The managing partner of another US law firm in Hong Kong, who has worked in the territory for nearly a decade, said: “We are now getting a lot of questions from companies about this; it has never occurred before in my time. We have large private equity clients who never used to care about arbitration clauses coming to us with the simple question of ‘is it safe to leave Hong Kong as the seat [of arbitration]?’”

“For Japanese clients who have always had some concerns about arbitration in China, the questions are becoming more acute with respect to Hong Kong,” said Yoshimasa Furuta, a senior partner at Anderson, Mori & Tomotsune, one of Japan’s big four law firms. “We are now getting Japanese companies directly asking us whether we think it is safe to use Hong Kong as a seat of arbitration.”

He added that clients drawing up contracts “especially on a 10-20 year horizon” are increasingly thinking about alternative jurisdictions like Singapore for their arbitration.

A “governing law” clause allows companies entering into a contract to agree on which country’s laws will manage how they will conduct business. An arbitration agreement requires the parties to resolve any future disputes at an arbitral centre in a particular jurisdiction. Parties to a contract can choose any governing law or arbitration centre.

“At some of our clients, particularly wealthy Japanese clients, there is now a strong move not to have Hong Kong as the governing law or the seat of arbitration,” said the senior partner of a large law firm in the former British colony.

He said negative attention on Hong Kong’s judiciary, such as an announcement by Britain that it may pull its judges out of the territory’s highest court, as well as enhanced marketing by rival arbitration centres, “had twisted Hong Kong to look like an unfavourable jurisdiction” for business disputes.

Hong Kong’s legal system and judiciary have been under pressure since Beijing tightened control over the territory by imposing a national security law last year to crack down on anti-government protests. Arrests of pro-democracy campaigners, opposition politicians and journalists have led to questions over whether Hong Kong’s legal system may be compromised. In September, Australian judge James Spigelman resigned from Hong Kong’s Court of Final Appeal citing unspecified reasons relating to the security law. The move prompted a renewed debate about judicial independence.

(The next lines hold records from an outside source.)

//! A code that is read as one of another entry.

ghost use Rattle.std.specs.Prelude.{◌≡◌, ◌≤◌, ◌⊎◌, None};

use ct_words::Code;

/// The code as one of a distance that is no greater, from 1 on, with its own weight or without one: the same words. It
/// takes no memory.
pub fn read_as(code: Code, d: u32, w: Option<u32>) -> Code
    requires some { 1 ≤ d }
    requires nearer { d ≤ code.d }
    requires weight { (w ≡ None) ⊎ (w ≡ code.w) }
    ensures n { result.n ≡ code.n }
    ensures d { result.d ≡ d }
    ensures w { result.w ≡ w }
    ensures words { result.words ≡ code.words }
{
    let n = code.n();
    Code::from_sorted(n, d, w, code.into_words())
}
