//! u followed by u + v for all words u of even weight.

ghost use Rattle.std.specs.Prelude.{◌≡◌, ◌-◌, ◌*◌, ◌^◌, ◌≤◌, length, min, IfOk, None};
ghost use Rattle.ct_words.specs.declared.limits.TheConstants.{MAX_N};

use ct_build::{even_words, uuv};
use ct_words::Code;
use std::alloc::{AllocError, Global};

/// The words u followed by u + v, for all words u of even weight of length n, and each word v of the part, a code of this
/// length, with 2n at most `MAX_N`: a code of length 2n, without a weight, whose distance is that of the part, 4 at most.
/// `Err` is want of memory.
pub fn sums_with_even_words(alloc: Global, part: &Code) -> Result<Code, AllocError>
    requires { 2 * part.now.n ≤ MAX_N }
    ensures n { IfOk result (λ c. c.n ≡ 2 * part.now.n) }
    ensures d { IfOk result (λ c. c.d ≡ min 4 part.now.d) }
    ensures w { IfOk result (λ c. c.w ≡ None) }
    ensures size { IfOk result (λ c. length c.words ≡ 2 ^ (part.now.n - 1) * length part.now.words) }
{
    let even = even_words(alloc, part.n())?;
    uuv(alloc, &even, part)
}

Several of the lawyers interviewed rejected concerns. A number of lawyers said they had advised clients considering “writing out” Hong Kong from contracts to stick with the territory. They cited benefits including an enforcement agreement between Hong Kong and mainland China that means awards made by their respective arbitral centres will be upheld.

“Everyone is conducting the assessment but we are often [saying] not to deviate from Hong Kong, particularly on shorter contracts,” said one litigator. However, if a client was entering into an infrastructure contract that could last several decades “then they have got to be thinking about where Hong Kong will be by that time”.

For international companies and financial institutions operating in the territory, the city’s legal system has served as a guarantee that they can enforce contracts against Chinese state-owned enterprises and companies linked to mainland officials. In mainland China, the judicial system is subservient to the ruling Communist Party and its 92m members are often effectively above the law.

In 2019, the Singapore International Arbitration Centre received 479 new case filings, a record for the centre. The Hong Kong International Arbitration Centre held 503 cases that year, fewer than the previous two years but above 2016 levels. The number of contracts switching to using Singapore’s arbitration centre will not be seen in the statistics for several years. But safety fears during protests in Hong Kong in 2019 had already prompted some firms to shift arbitration hearings out of the city.

A Japanese lawyer said: “What has happened now is that the last 18 months have accelerated a trend towards Singapore, perhaps dramatically.”